Your goal -> For the string "which", state the number of lines in the data that contain it, and nothing else.

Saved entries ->
- - - - - - -

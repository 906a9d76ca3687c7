// The rules of a summary: which of them a record breaks.
#![tactic(auto)]

ghost use Rattle.std.specs.Prelude.{◌≡◌, ◌<◌, ◌&&◌, true, cond, [], ◌∷◌, eqb, length, map};
ghost use Rattle.paper.specs.declared.Layout.TheVariants.{LSummary};
ghost use Rattle.paper.specs.Bytes.{every, blank, present};
ghost use Rattle.paper.specs.Layouts.{field, through};
ghost use Rattle.words.specs.Tables.{rule_text};
ghost use Rattle.words.specs.Sets.{bits_on, bits_by};
ghost use Rattle.paper.specs.Conditions.{summary_fillers, wrong_year, not_time, summary_rules};
ghost use Rattle.summary.specs.Breaks.{breaks, is_within};

use layout::{field_of, through};
use paper::Layout::{L4868, LSummary};

// 0045: a filler not blank.
#[tactic(auto, unfolding(paper::specs::Conditions::summary_fillers))]
fn fillers(own: &[u8]) -> bool
    ensures { result ≡ summary_fillers own.now }
{
    !text::blank(field_of(LSummary, 1, own)) || !text::blank(field_of(LSummary, 3, own))
}

// 0490: present, year not 2004.
#[tactic(auto, unfolding(paper::specs::Conditions::wrong_year))]
fn wrong_year(f: &[u8]) -> bool
    ensures { result ≡ wrong_year f.now }
{
    !text::blank(f) && !text::is_same(text::piece(f, 0, 4), b"2004")
}

// Present and not HHMM.
#[tactic(auto, unfolding(paper::specs::Conditions::not_time, paper::specs::Fields::hhmm))]
fn not_time(f: &[u8]) -> bool
    ensures { result ≡ not_time f.now }
{
    !text::blank(f) && !(kinds::digits(f) && field::clock(f))
}

// The rules on the head, 0010, 0020 and 0040, before later ones.
#[tactic(auto, unfolding(paper::specs::Conditions::summary_holds, paper::specs::Conditions::pick, paper::specs::Conditions::summary0010, paper::specs::Conditions::wrong_originator, paper::specs::Conditions::other_number))]
fn of_head(form: &[u8], own: &[u8], later: u64) -> u64
    ensures { result ≡ bits_on (breaks form.now own.now) (45 ∷ 20004 ∷ 100027 ∷ 200010 ∷ 200027 ∷ 400010 ∷ []) later }
{
    let number = field_of(LSummary, 2, own);
    let originator = field_of(LSummary, 20, own);
    let set = words::and_rule(!kinds::digits(field_of(LSummary, 40, own)), later);
    let set = words::and_rule(
        !text::is_same(originator, text::piece(field_of(L4868, 8, form), 2, 6)),
        set,
    );
    let set = words::and_rule(!kinds::digits(originator), set);
    let set = words::and_rule(text::blank(field_of(LSummary, 10, own)), set);
    let set = words::and_rule(
        words::other_number(kinds::digits(number), number, field_of(L4868, 90, form)),
        set,
    );
    words::and_rule(fillers(own), set)
}

// Each of these fields in reserve that is not blank, before later rules. A macro writes the list out: of a literal number the compiler knows
// where the field stands, and a number that is known only as the program runs would be looked up in the layout.
macro_rules! and_reserves {
    ([], $own:ident, $later:ident) => {
        $later
    };
    ([$n:literal $(, $more:literal)*], $own:ident, $later:ident) => {
        words::and_rule(
            !text::blank(field_of(LSummary, $n, $own)),
            and_reserves!([$($more),*], $own, $later),
        )
    };
}

// The same where the fields stand in the run from one field to another, which is looked at first.
macro_rules! and_run {
    ([$($n:literal),+], $from:literal, $to:literal, $own:ident, $later:ident) => {
        if text::blank(through(LSummary, $from, $to, $own)) {
            past_run(&[$($n),+], $from, $to, $own, $later)
        } else {
            and_reserves!([$($n),+], $own, $later)
        }
    };
}

// Where the run is blank, none of the rules is broken: the set moves by as many places as the list has, and what would pass the 64th is lost.
// The ends of the run and the record are there for the contract.
#[inline(always)]
fn past_run(fields: &[u32], from: u32, to: u32, own: &[u8], later: u64) -> u64
    requires is_few { length fields.now < 64 }
    requires is_run { every (is_within from to) fields.now ≡ true }
    requires is_blank { blank (through LSummary from to own.now) ≡ true }
    ensures { result ≡ bits_on (λ n. present (field LSummary n own.now)) fields.now later }
{
    later << fields.len()
}

// The rules on 0050 to 0090, before later ones.
#[tactic(auto, unfolding(paper::specs::Conditions::summary_holds, paper::specs::Conditions::pick, paper::specs::Conditions::summary0010, paper::specs::Layouts::entry, paper::specs::Layouts::summary))]
fn of_50_to_90(own: &[u8], later: u64) -> u64
    ensures { result ≡ bits_on (breaks [] own.now) (500014 ∷ 550014 ∷ 600014 ∷ 630014 ∷ 700014 ∷ 750014 ∷ 800014 ∷ 900010 ∷ []) later }
{
    let set = words::and_rule(!kinds::digits(field_of(LSummary, 90, own)), later);
    and_run!([50, 55, 60, 63, 70, 75, 80], 50, 80, own, set)
}

// The rules on 0100 to 0250, all in reserve, before later ones.
#[tactic(auto, unfolding(paper::specs::Conditions::summary_holds, paper::specs::Conditions::pick, paper::specs::Layouts::entry, paper::specs::Layouts::summary))]
fn of_reserves(own: &[u8], later: u64) -> u64
    ensures { result ≡ bits_on (breaks [] own.now) (1000014 ∷ 1100014 ∷ 1200014 ∷ 1300014 ∷ 1330014 ∷ 1350014 ∷ 1400014 ∷ 1500014 ∷ 1700014 ∷ 1800014 ∷ 1850014 ∷ 1880014 ∷ 1890014 ∷ 1900014 ∷ 1950014 ∷ 2000014 ∷ 2100014 ∷ 2150014 ∷ 2170014 ∷ 2190014 ∷ 2200014 ∷ 2500014 ∷ []) later }
{
    let set = words::and_rule(!text::blank(field_of(LSummary, 250, own)), later);
    and_run!(
        [
            100, 110, 120, 130, 133, 135, 140, 150, 170, 180, 185, 188, 189, 190, 195, 200, 210,
            215, 217, 219, 220
        ],
        100,
        220,
        own,
        set
    )
}

// The rules on 0260 to 0290, before later ones.
#[tactic(auto, unfolding(paper::specs::Conditions::summary_holds, paper::specs::Conditions::pick, paper::specs::Conditions::summary0010, paper::specs::Conditions::missing_mark), using(words::proofs::Told::not_date_by))]
fn of_260_to_290(own: &[u8], later: u64) -> u64
    ensures { result ≡ bits_on (breaks [] own.now) (2600010 ∷ 2600490 ∷ 2600491 ∷ 2700010 ∷ 2700491 ∷ 2800010 ∷ 2800491 ∷ 2900014 ∷ []) later }
{
    let day = field_of(LSummary, 260, own);
    let time = field_of(LSummary, 270, own);
    let zone = field_of(LSummary, 280, own);
    let no_day = text::blank(day);
    let no_time = text::blank(time);
    let no_zone = text::blank(zone);
    // 0491: some of the three present, at each that is blank.
    let some = !no_day || !no_time || !no_zone;
    let set = words::and_rule(!text::blank(field_of(LSummary, 290, own)), later);
    let set = words::and_rule(no_zone && some, set);
    let set = words::and_rule(!words::one_of(b"ECGMPAH ", zone), set);
    let set = words::and_rule(no_time && some, set);
    let set = words::and_rule(not_time(time), set);
    let set = words::and_rule(no_day && some, set);
    let set = words::and_rule(wrong_year(day), set);
    words::and_rule(words::not_date(kinds::not_digits(day), day), set)
}

// The set of the rules that a summary breaks, where both records have their length.
#[tactic(auto, unfolding(paper::specs::Conditions::summary_rules, paper::specs::Conditions::summary_holds, paper::specs::Conditions::pick))]
pub fn broken(form: &[u8], own: &[u8]) -> u64
    ensures { result ≡ cond (eqb (length form.now) 384 && eqb (length own.now) 314) (bits_by (breaks form.now own.now) summary_rules) 0 }
{
    if form.len() != 384 || own.len() != 314 {
        return 0;
    }
    let set = of_260_to_290(own, 0);
    let set = of_reserves(own, set);
    let set = of_50_to_90(own, set);
    of_head(form, own, set)
}

// The rules in their order, each by the digits of its field and of its code.
static RULES: [[u8; 8]; 44] = [
    *b"00000045",
    *b"00020004",
    *b"00100027",
    *b"00200010",
    *b"00200027",
    *b"00400010",
    *b"00500014",
    *b"00550014",
    *b"00600014",
    *b"00630014",
    *b"00700014",
    *b"00750014",
    *b"00800014",
    *b"00900010",
    *b"01000014",
    *b"01100014",
    *b"01200014",
    *b"01300014",
    *b"01330014",
    *b"01350014",
    *b"01400014",
    *b"01500014",
    *b"01700014",
    *b"01800014",
    *b"01850014",
    *b"01880014",
    *b"01890014",
    *b"01900014",
    *b"01950014",
    *b"02000014",
    *b"02100014",
    *b"02150014",
    *b"02170014",
    *b"02190014",
    *b"02200014",
    *b"02500014",
    *b"02600010",
    *b"02600490",
    *b"02600491",
    *b"02700010",
    *b"02700491",
    *b"02800010",
    *b"02800491",
    *b"02900014",
];

// What is written of each rule, in the table's order.
#[tactic(auto, unfolding(paper::specs::Conditions::summary_rules, words::specs::Tables::rule_text))]
pub fn texts() -> &'static [[u8; 8]]
    ensures { result.now ≡ map rule_text summary_rules }
{
    &RULES
}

- - - - - - -

Answer to this exercise -> 2